The Amercian in a Barbizon Mood

In reading the book “American Art In the Barbizon Mood,” I am surprised to find out American Barbizon school is yet to be defined even though the exhibition was held in Washington DC more than 30 years ago. Tonalism is in general used to define the same school, although tonalism itself is such a very vague term that when Palace of the Legion of Honor in San Francisco had the exhibition of American Tonalism paintings, the show featured the painters Whistler and Dewing along side with Tryon and Eaton.

It is not a surprise that such a term as American Barbizon is not firm since the school itself did not last very long. To some extent, it serves as a bridge between the Hudson River School style and American Impressionism. The early works of Inness bear strong influence from Cole and Durand. It was only after the American Civil War that Inness began to forgo the niggling detail that once dominated the large canvases. Later, when Henry Ward Ranger came to Old Lyme to build up his colony, he found out that although he could attract a group of like-minded painters, he could not stop the trend. The Old Lyme sees the rise of Impressionism from Willard Metcalf and Theodore Robinson, both of whom were Old Lyme painters.

But most of all, it is the American Barbizon itself that somewhat distorted, if not betrayed the group of painters that it represented. True, some of them may have seen the silvery grayness of Corot or solemnity of Millet even though it was very rare to see these works within US before the civil war. Some of the painters such as Inness and Robert Crannell Minor even went to Europe for study, however most of these painters grew by themselves and may develop their artistic styles in their own course. To say they are the followers of Corot was more a critic’s idea and dealers’ promotion than their own intention.

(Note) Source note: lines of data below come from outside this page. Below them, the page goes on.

// No behaviour: frames and dumps as calls, and histories that begin at a handed-in record (specs/Histories.antt, specs/Claims.antt).
#![tactic(auto)]
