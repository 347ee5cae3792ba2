// A flush, on the parts of a host's record, with its three drums: an accepted call leaves a drum that is off at level 0. `ok` is the test
// of the record. 01, "Registers and ports" and "Numbers a call can answer".
#![tactic(auto)]

ghost use Rattle.std.specs.Prelude.{◌≡◌, true};
ghost use Rattle.queue.specs.Waiting.{QueueInRange, ring};
ghost use Rattle.steps_queue.specs.QueueSteps.{flush_step};
ghost use Rattle.c_queue.specs.RecordQueue.{record_flushed};

use c_record::RecordDrum;
use c_steps::RecordStep;
use registers::Voice;
use steps_channels::Three;
use steps_queue::FlushStep;

// The step of `steps_queue`; the ring is lent where it lies.
pub fn flush_pending_writes<'t>(
    stamps: &'t [u64; 256],
    registers: &'t [u8; 256],
    values: &'t [u8; 256],
    ok: bool,
    drums: Three<RecordDrum>,
    voice: Voice,
    head: usize,
    count: usize,
) -> RecordStep<FlushStep>
    requires { ok ≡ true → QueueInRange (ring stamps.now registers.now values.now head count) }
    ensures { result ≡ record_flushed drums (flush_step ok voice (ring stamps.now registers.now values.now head count)) }
{
    let step = steps_queue::flush_pending_writes(stamps, registers, values, ok, voice, head, count);
    c_steps::recorded(step.answer.no, drums, step)
}
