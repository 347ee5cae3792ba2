// Decimals and hex digits in a text. Of dumps and captures they have the limits, 10 digits and lower-case hex, and nothing else.
#![tactic(auto)]

ghost use Rattle.std.specs.Prelude.{◌≡◌, true, ◌+◌, ◌*◌, ◌<◌, ◌≤◌, length};
ghost use Rattle.text_fields.specs.Fields.{all_hex, decimal_of, decimal_up_to, hex_byte, hex_digit, needless};

// 1 to 10 digits with no needless leading zero.
#[tactic(auto, unfolding(crate::specs::Fields::decimal_of))]
pub fn decimal(s: &[u8]) -> Option<u64>
    ensures { result ≡ decimal_of s.now }
{
    let n = decimal_up_to(10, s)?;
    Some(n as u64)
}

// The same of up to `most` digits; 38 are the most that fit any u128.
#[tactic(auto, using(crate::proofs::Digits::readings))]
pub fn decimal_up_to(most: usize, s: &[u8]) -> Option<u128>
    requires { most ≤ 38 }
    ensures { result ≡ decimal_up_to most s.now }
{
    if s.is_empty() || s.len() > most || leading_zero(s) {
        return None;
    }
    let mut n = 0;
    for d in s {
        match d {
            b'0'..=b'9' => n = 10 * n + (*d - b'0') as u128,
            _ => return None,
        }
    }
    Some(n)
}

pub fn all_hex(s: &[u8]) -> bool
    ensures { result ≡ all_hex s.now }
{
    s.iter().all(|b| hex_value(*b).is_some())
}

// Byte i of a run of hex digits.
pub fn hex_byte(s: &[u8], i: usize) -> u8
    requires s_value { all_hex s.now ≡ true }
    requires i_in_bounds { 2 * i + 1 < length s.now }
    ensures { result ≡ hex_byte s.now i }
{
    let high = hex_value(s[2 * i]).unwrap();
    let low = hex_value(s[2 * i + 1]).unwrap();
    16 * high + low
}

// A 0 with digits after it.
#[tactic(auto, using(std::proofs::lemmas::Bool::Decides::nat_tests), unfolding(crate::specs::Fields::needless))]
pub fn leading_zero(s: &[u8]) -> bool
    ensures { result ≡ needless s.now }
{
    s.len() > 1 && s[0] == b'0'
}

#[tactic(auto, using(std::proofs::lemmas::Bool::Decides::nat_tests), unfolding(crate::specs::Fields::hex_value))]
fn hex_value(b: u8) -> Option<u8>
    ensures { result ≡ hex_digit b }
{
    match b {
        b'0'..=b'9' => Some(b - b'0'),
        b'a'..=b'f' => Some(b - b'a' + 10),
        _ => None,
    }
}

And what a difference it makes when the so-called Barbizon school crossed the Atlantic! For Millet, the rural life bears the same amount of the sentimentality and elegance as the perfect male and female bodies in the hands of David and Ingres. But for Americans painters, there was no such passion found from mundane peasantry life. How could they, right after the civil war, when farming was still associated with the south and black labor. Thus in William Morris Hunt, there was a broader subject matters that associated with the general pastoral life without giving out the hint of laborious farming.

Barbara Novak, in her book about Hudson River School paintings, said that the grand scaled, untainted landscape is god’s gift to Americans and thus the vistas with magic light show the audience the new continent in the way God perceives it. If so, such notion began to shake in the minds of American who had gone through civil war and Darwinism. The rapid industrialization in post-civil war period saw fast change in Northeast landscape. God’s garden was no long viewed as American’s superiority against the European’s old civilization; instead it gave in for railroad, farming and bourgeoisification. Thus, it was natural that a group of artists began to view the landscape in a more nostalgic mood. Instead of looking down at the grandeur with a dominating control of details and free of any trace of human brush touch, they began to walk into the woods and experience them as human beings. The cool objective mind softened to the stirred emotions that had been constantly worried about the erosion of the landscape from industrialization. Visible strokes were implemented to enhance the live experience as if the landscape breathed its texture into the canvas.

When John Francis Murphy was praised as American Corot in the late 1870’s, he quietly saved those reviews about him but said little. He may have seen some paintings by French Barbizon painters, but the Mecca of Barbizon paintings in US at that time was not in New York but in Boston where Vose Gallery fervently promoted the school. But Murphy didn’t have to speak out for the inspiration of his style: He just lived with it. He took the occasion to visit Walden Pond and transplanted pine seedlings from Thoreau’s cabin to his Arkville Studio.

There, right by the pond, Thoreau already dictated what would be painted after his death by the painters of the next generation:

The scenery of Walden is on a humble scale, and though very beautiful, does not approach to grandeur, nor can it much concern one who has not long frequented it or lived by its shore; yet this pond is so remarkable for its depth and purity as to merit a particular description. … a perennial spring in the midst of pine and oak woods, without any visible inlet or outlet except by the clouds and evaporation.